5G bei 1&1: United Internet bietet mit bei Frequenzvergabe

Auch wenn drei deutsche Netzbetreiber gegen die Bedingungen bei der Frequenzvergabe für 5G klagen, muss es doch langsam vorwärts gehen mit dem neuen Mobilfunkstandard. Nach anfänglicher Skepsis ist nun auch 1&1-Mutterkonzern United Internet an Bord.

Ralph Dommermuth hat, so die Wirtschaftswoche, entschieden: United Internet bietet mit um die 5G-Frequenzen in Deutschland und wird als vierter Netzbetreiber die bestehende Phalanx aus Deutscher Telekom, Vodafone und Telefónica/O2 herausfordern. Entsprechende Vorverträge mit Kooperationspartnern sollen bereits abgeschlossen worden sein. "Dabei wirkten die Führungskräfte sehr entschlossen", so die WirtschaftsWoche unter Berufung auf eben diese zukünftigen Partner.

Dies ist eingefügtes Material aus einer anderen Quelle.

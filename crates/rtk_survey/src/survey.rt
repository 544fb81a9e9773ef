//! The survey of a capture.

use crate::contents::Contents;
use crate::look::Look;

/// What a capture is, read once to its end.
#[derive(Drop)]
pub struct CaptureSurvey {
    /// How many bytes it has. Stays at the greatest `u64`.
    pub bytes: u64,
    /// What its first bytes look like, if it has no frame.
    pub look: Option<Look>,
    pub contents: Contents,
}
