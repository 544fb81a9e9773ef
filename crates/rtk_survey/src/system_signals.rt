//! The satellites and codes of other systems than GPS that have a value.

ghost use Rattle.std.specs.Prelude.{◌≡◌, List, [], ◌∷◌, ◌++◌};
ghost use Rattle.std.specs.List.{list_any};
ghost use Rattle.rtk_obs.specs.declared.signal_cells.SignalEntry.{SignalEntry};
ghost use Rattle.rtk_survey.specs.BesideGps.{signal_has_value};
ghost use Rattle.rtk_survey.specs.Contents.{HasSystemSignals};

use crate::bit_marks::BitMarks;
use crate::signals::has_value;
use rtk_obs::SignalEntry;

/// The index of a satellite is below it.
pub(crate) const INDICES: u8 = 222;

/// Marks by the index of a satellite.
pub type IndexMarks = BitMarks<4>;

/// Marks by `AnyCode::number`, which is below 69.
pub type AnyCodeMarks = BitMarks<2>;

/// Which satellites and codes of other systems than GPS have a value in some cell.
#[derive(Clone, Copy)]
pub struct SystemSignals {
    pub satellites: IndexMarks,
    pub codes: AnyCodeMarks,
}

/// Some cell has a value.
pub(crate) fn signals_have_value(entries: &[SignalEntry]) -> bool
    ensures { result ≡ list_any signal_has_value entries.now }
{
    entries.iter().any(|entry| has_value(&entry.cell))
}

impl SystemSignals {
    /// Nothing has a value.
    pub fn new() -> SystemSignals
        ensures { HasSystemSignals result [] }
    {
        SystemSignals {
            satellites: IndexMarks::new(),
            codes: AnyCodeMarks::new(),
        }
    }

    fn mark_entry(&mut self, entry: &SignalEntry)
        ensures { (es : List SignalEntry) → HasSystemSignals self.old es → HasSystemSignals self.new (entry.now ∷ es) }
    {
        if has_value(&entry.cell) {
            self.satellites.mark(usize::from(entry.satellite.index()));
            self.codes.mark(entry.code.number());
        }
    }

    /// Marks the satellites and codes of more cells.
    pub fn mark_entries(&mut self, entries: &[SignalEntry])
        ensures { (es : List SignalEntry) → HasSystemSignals self.old es → HasSystemSignals self.new (entries.now ++ es) }
    {
        for entry in entries {
            self.mark_entry(entry);
        }
    }
}
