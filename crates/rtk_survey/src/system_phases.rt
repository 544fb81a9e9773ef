//! How many phases the satellites of other systems than GPS have in each code.

ghost use Rattle.std.specs.Prelude.{◌≡◌, ℕ, List, Option, [], ◌∷◌, ◌++◌, OnOk};
ghost use Rattle.std.specs.BTreeMap.{get};
ghost use Rattle.std.specs.Option.{option_copied};
ghost use Rattle.std.specs.Ordering.{nat_cmp};
ghost use Rattle.rtk_message.specs.declared.any_message.AnyMessage.{AnyMessage};
ghost use Rattle.rtk_obs.specs.declared.signal_cells.SignalEntry.{SignalEntry};
ghost use Rattle.rtk_survey.specs.BesideGps.{cells_beside_gps};
ghost use Rattle.rtk_survey.specs.SystemPhases as spec;

use crate::phases::PhaseCount;
use rtk_message::AnyMessage;
use rtk_obs::{AnyCode, SatelliteIndex, SignalEntry};
use std::alloc::{AllocError, Global};
use std::collections::BTreeMap;

/// How many codes a system has at most: `AnyCode::place` is below it.
const CODES: usize = 16;

/// The places of a table: those of the mask bits (DF394) below 64.
const PLACES: usize = 1024;

/// The phases of a station in the messages of one number. The table is made with the first cell.
#[derive(Drop)]
pub struct PhaseTable {
    /// By the mask bit of the satellite and the place of the code.
    pub counts: Vec<PhaseCount>,
}

/// The phases of one station in its messages of other systems than GPS, and of SBAS in its 1004.
#[derive(Drop)]
pub struct SystemPhases {
    /// The station that was named, or else the first one that had a cell of such a system.
    pub station: Option<u16>,
    /// By the number of the message (DF002).
    pub tables: BTreeMap<u16, PhaseTable>,
}

// The place of a satellite and a code in the table of their system.
fn place_of_phase(satellite: SatelliteIndex, code: AnyCode) -> usize
    ensures { result ≡ spec.place_of_phase satellite code }
{
    CODES * usize::from(satellite.bit()) + code.place()
}

fn take_entry(table: &mut Vec<PhaseCount>, entry: &SignalEntry)
    ensures { (es : List SignalEntry) → spec.CountsSignalPlaces table.old.items es
        → spec.CountsSignalPlaces table.new.items (entry.now ∷ es) }
{
    let place = place_of_phase(entry.satellite, entry.code);
    if place < table.len() {
        table[place].take(&entry.cell);
    }
}

fn take_entries(table: &mut Vec<PhaseCount>, entries: &[SignalEntry])
    ensures { (es : List SignalEntry) → spec.CountsSignalPlaces table.old.items es
        → spec.CountsSignalPlaces table.new.items (entries.now ++ es) }
{
    for entry in entries {
        take_entry(table, entry);
    }
}

// Makes a table, unless it is there.
fn make_table(alloc: Global, table: &mut Vec<PhaseCount>) -> Result<(), AllocError>
    ensures { OnOk result ((es : List SignalEntry) → spec.CountsSignalPhases table.old.items es
        → spec.CountsSignalPlaces table.new.items es) }
{
    if table.len() == 0 {
        *table = vec![in alloc; PhaseCount::nothing(); PLACES]?;
    }
    Ok(())
}

impl PhaseTable {
    // No cell came.
    fn new(alloc: Global) -> PhaseTable
        ensures { result.counts.items ≡ [] }
    {
        PhaseTable {
            counts: Vec::new(alloc),
        }
    }

    // Takes the cells of a message.
    fn take(&mut self, alloc: Global, entries: &[SignalEntry]) -> Result<(), AllocError>
        ensures { OnOk result ((es : List SignalEntry) → spec.CountsSignalPhases self.old.counts.items es
            → spec.CountsSignalPhases self.new.counts.items (entries.now ++ es)) }
    {
        make_table(alloc, &mut self.counts)?;
        take_entries(&mut self.counts, entries);
        Ok(())
    }
}

// Takes the cells of a message into the table of its number.
fn take_numbered(
    alloc: Global,
    tables: &mut BTreeMap<u16, PhaseTable>,
    message: &AnyMessage,
    cells: &[SignalEntry],
) -> Result<(), AllocError>
    requires { cells.now ≡ cells_beside_gps message.now }
    ensures { OnOk result ((ms : List AnyMessage) → spec.HasPhaseTables tables.old ms
        → spec.HasPhaseTables tables.new (message.now ∷ ms)) }
{
    let table = tables
        .entry(message.number())?
        .or_insert(PhaseTable::new(alloc));
    table.take(alloc, cells)
}

impl SystemPhases {
    /// No message came; this station is named, or none.
    pub(crate) fn new(alloc: Global, station: Option<u16>) -> SystemPhases
        ensures { spec.HasSystemPhases station [] result }
    {
        SystemPhases {
            station,
            tables: BTreeMap::new(alloc),
        }
    }

    /// A message more, with its cells of other systems than GPS.
    pub(crate) fn count_phases(
        &mut self,
        alloc: Global,
        message: &AnyMessage,
        cells: &[SignalEntry],
    ) -> Result<(), AllocError>
        requires { cells.now ≡ cells_beside_gps message.now }
        ensures { OnOk result ((named : Option ℕ) (ms : List AnyMessage) → spec.HasSystemPhases named ms self.old
            → spec.HasSystemPhases named (message.now ∷ ms) self.new) }
    {
        if cells.is_empty() {
            return Ok(());
        }
        let station = message.station();
        let known = self.station.unwrap_or(station);
        self.station = Some(known);
        if known == station {
            return take_numbered(alloc, &mut self.tables, message, cells);
        }
        Ok(())
    }
}

fn table_of_phases(table: Option<&PhaseTable>) -> &[PhaseCount]
    ensures { result.now ≡ spec.table_of_phases (option_copied table.entry) }
{
    match table {
        Some(table) => table.counts.as_slice(),
        None => &[],
    }
}

impl SystemPhases {
    /// The table of a number of messages, if there is one.
    pub fn of_number(&self, number: u16) -> &[PhaseCount]
        ensures { result.now ≡ spec.table_of_phases (get nat_cmp self.now.tables number) }
    {
        table_of_phases(self.tables.get(&number))
    }
}
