//! Counts as a summary shows them.

ghost use Rattle.std.specs.Prelude.{◌≡◌, ◌+◌};
ghost use Rattle.rtk_survey.specs.Counting.{shown_count};
ghost use Rattle.rtk_survey.specs.Contents.{one_if};

/// One more, if this is counted.
pub(crate) fn count_if(count: u64, is_counted: bool) -> u64
    ensures { result ≡ shown_count (count + one_if is_counted) }
{
    count.saturating_add(u64::from(is_counted))
}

Bis die Entscheidung offiziell verkündet wird, dürfte es aber noch eine Weile dauern. Bis zum 25. Januar haben die Unternehmen Zeit, zu entscheiden, ob sie um 5G-Frequenzen mitbieten und ein entsprechendes Netz aufbauen wollen.

Qualcomm 5g car demo
Für den Verkehr der Zukunft ist 5G unerlässlich. / © Qualcomm

Die Industrie braucht 5G

Der neue Mobilfunkstandard ist für viele Branchen entscheidend, um bei der Entwicklung neuer Technologien nicht abgehängt zu werden. 5G wird unter anderem für die Vernetzung von Fahrzeugen und das autonome Fahren benötigt, aber auch für die Steuerung von industriellen Anlagen und Robotern, die Priorisierung und Kanalisierung von Datenströmen und das Internet der Dinge. Dank der geringen Latenzzeiten und der deutlich steigenden Zahl an Geräten, die mit 5G ins Netz gehen können, wird der neue Standard zu einer deutlich intensiveren Vernetzung in allen Bereichen führen. Dafür muss das Netz allerdings möglichst flächendeckend sein. Mit National Roaming, also der Möglichkeit, das Netz eines Konkurrenzanbieters zu nutzen, wenn kein eigenes verfügbar ist, ginge das leichter als ohne. National Roaming ist trotz Kritik vieler Experten jedoch kein Zwang für die Netzbetreiber.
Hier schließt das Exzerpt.